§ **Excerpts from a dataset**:

<<<<

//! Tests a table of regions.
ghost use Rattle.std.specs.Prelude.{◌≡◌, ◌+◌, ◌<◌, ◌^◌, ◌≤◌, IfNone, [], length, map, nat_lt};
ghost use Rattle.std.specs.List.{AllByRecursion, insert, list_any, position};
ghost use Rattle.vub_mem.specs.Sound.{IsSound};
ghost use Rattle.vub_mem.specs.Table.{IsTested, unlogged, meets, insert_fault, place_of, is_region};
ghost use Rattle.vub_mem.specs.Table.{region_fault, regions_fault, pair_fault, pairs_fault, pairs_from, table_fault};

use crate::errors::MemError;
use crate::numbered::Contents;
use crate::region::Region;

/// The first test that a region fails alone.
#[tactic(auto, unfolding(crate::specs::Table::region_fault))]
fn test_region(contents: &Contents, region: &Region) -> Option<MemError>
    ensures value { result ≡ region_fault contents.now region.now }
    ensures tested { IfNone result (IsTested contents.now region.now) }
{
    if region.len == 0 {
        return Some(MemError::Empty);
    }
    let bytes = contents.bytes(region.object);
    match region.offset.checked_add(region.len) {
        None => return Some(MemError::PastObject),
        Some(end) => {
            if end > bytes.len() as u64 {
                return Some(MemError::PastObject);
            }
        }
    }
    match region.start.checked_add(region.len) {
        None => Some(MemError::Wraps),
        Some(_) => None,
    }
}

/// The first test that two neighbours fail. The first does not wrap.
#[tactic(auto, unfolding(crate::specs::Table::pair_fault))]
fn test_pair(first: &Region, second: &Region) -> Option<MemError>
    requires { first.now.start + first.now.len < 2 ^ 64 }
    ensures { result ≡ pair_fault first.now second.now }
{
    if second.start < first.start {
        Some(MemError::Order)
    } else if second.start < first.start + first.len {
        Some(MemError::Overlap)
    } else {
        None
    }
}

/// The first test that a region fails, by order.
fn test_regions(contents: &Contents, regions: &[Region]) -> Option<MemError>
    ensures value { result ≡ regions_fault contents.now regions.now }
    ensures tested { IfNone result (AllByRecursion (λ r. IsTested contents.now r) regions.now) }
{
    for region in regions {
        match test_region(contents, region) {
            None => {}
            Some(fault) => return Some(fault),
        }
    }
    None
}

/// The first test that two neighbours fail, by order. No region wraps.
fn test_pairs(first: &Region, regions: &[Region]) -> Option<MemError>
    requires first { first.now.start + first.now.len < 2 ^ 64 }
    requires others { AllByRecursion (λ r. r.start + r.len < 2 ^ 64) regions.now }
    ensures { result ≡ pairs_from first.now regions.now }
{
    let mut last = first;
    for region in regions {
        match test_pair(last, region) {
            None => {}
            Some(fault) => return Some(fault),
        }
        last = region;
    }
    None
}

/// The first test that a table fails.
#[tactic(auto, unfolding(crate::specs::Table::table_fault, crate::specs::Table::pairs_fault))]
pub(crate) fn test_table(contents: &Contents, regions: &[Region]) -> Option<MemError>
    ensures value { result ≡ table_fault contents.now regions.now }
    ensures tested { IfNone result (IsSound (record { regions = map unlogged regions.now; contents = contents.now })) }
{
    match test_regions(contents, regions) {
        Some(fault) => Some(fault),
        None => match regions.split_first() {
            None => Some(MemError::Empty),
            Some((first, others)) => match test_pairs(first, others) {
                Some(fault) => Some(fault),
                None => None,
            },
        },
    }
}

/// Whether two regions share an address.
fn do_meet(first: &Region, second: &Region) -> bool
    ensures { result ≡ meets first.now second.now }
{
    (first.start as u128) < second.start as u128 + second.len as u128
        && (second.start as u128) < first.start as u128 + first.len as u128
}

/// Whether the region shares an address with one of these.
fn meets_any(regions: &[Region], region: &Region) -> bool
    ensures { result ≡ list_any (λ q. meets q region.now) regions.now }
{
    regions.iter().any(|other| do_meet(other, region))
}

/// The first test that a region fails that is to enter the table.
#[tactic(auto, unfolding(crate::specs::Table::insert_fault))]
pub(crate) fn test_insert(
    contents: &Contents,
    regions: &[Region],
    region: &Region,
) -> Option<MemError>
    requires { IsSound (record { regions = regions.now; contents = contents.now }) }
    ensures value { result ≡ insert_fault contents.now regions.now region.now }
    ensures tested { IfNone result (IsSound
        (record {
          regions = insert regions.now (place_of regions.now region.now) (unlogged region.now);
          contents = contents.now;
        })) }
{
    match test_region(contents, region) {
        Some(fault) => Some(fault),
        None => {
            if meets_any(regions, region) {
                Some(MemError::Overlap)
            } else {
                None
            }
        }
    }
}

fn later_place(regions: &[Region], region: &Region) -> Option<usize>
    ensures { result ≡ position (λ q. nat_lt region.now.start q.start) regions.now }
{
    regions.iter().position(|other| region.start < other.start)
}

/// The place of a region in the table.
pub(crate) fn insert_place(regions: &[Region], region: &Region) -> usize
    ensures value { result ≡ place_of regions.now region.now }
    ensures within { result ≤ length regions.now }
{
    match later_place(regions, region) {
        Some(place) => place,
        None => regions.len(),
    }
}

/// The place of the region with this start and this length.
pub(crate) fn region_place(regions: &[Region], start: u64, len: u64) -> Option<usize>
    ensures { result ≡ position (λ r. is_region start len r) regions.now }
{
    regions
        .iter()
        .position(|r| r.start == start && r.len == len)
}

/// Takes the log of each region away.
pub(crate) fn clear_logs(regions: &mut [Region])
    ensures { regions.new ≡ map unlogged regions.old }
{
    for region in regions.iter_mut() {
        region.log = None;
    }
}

>>>>
<<<<

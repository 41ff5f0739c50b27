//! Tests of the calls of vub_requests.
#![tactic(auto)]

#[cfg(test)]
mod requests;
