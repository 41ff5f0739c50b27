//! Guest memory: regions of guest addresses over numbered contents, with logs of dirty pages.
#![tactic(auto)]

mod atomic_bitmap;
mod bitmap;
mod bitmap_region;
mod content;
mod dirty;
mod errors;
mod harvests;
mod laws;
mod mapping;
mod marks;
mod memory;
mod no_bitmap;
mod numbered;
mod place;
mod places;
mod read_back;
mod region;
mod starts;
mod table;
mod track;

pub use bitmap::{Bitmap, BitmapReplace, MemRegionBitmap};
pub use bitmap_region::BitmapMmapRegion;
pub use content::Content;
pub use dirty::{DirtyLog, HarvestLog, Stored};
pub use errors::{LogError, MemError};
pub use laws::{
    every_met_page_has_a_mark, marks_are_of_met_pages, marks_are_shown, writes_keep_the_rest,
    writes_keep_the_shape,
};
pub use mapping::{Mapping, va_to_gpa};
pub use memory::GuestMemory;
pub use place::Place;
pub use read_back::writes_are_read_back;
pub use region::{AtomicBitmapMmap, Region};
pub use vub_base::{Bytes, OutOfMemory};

>>>>

§ **YOUR INSTRUCTIONS**: Count each line above in which the string "Option" appears, then state only the total.

§ **ANSWER TO THIS PROBLEM**: 8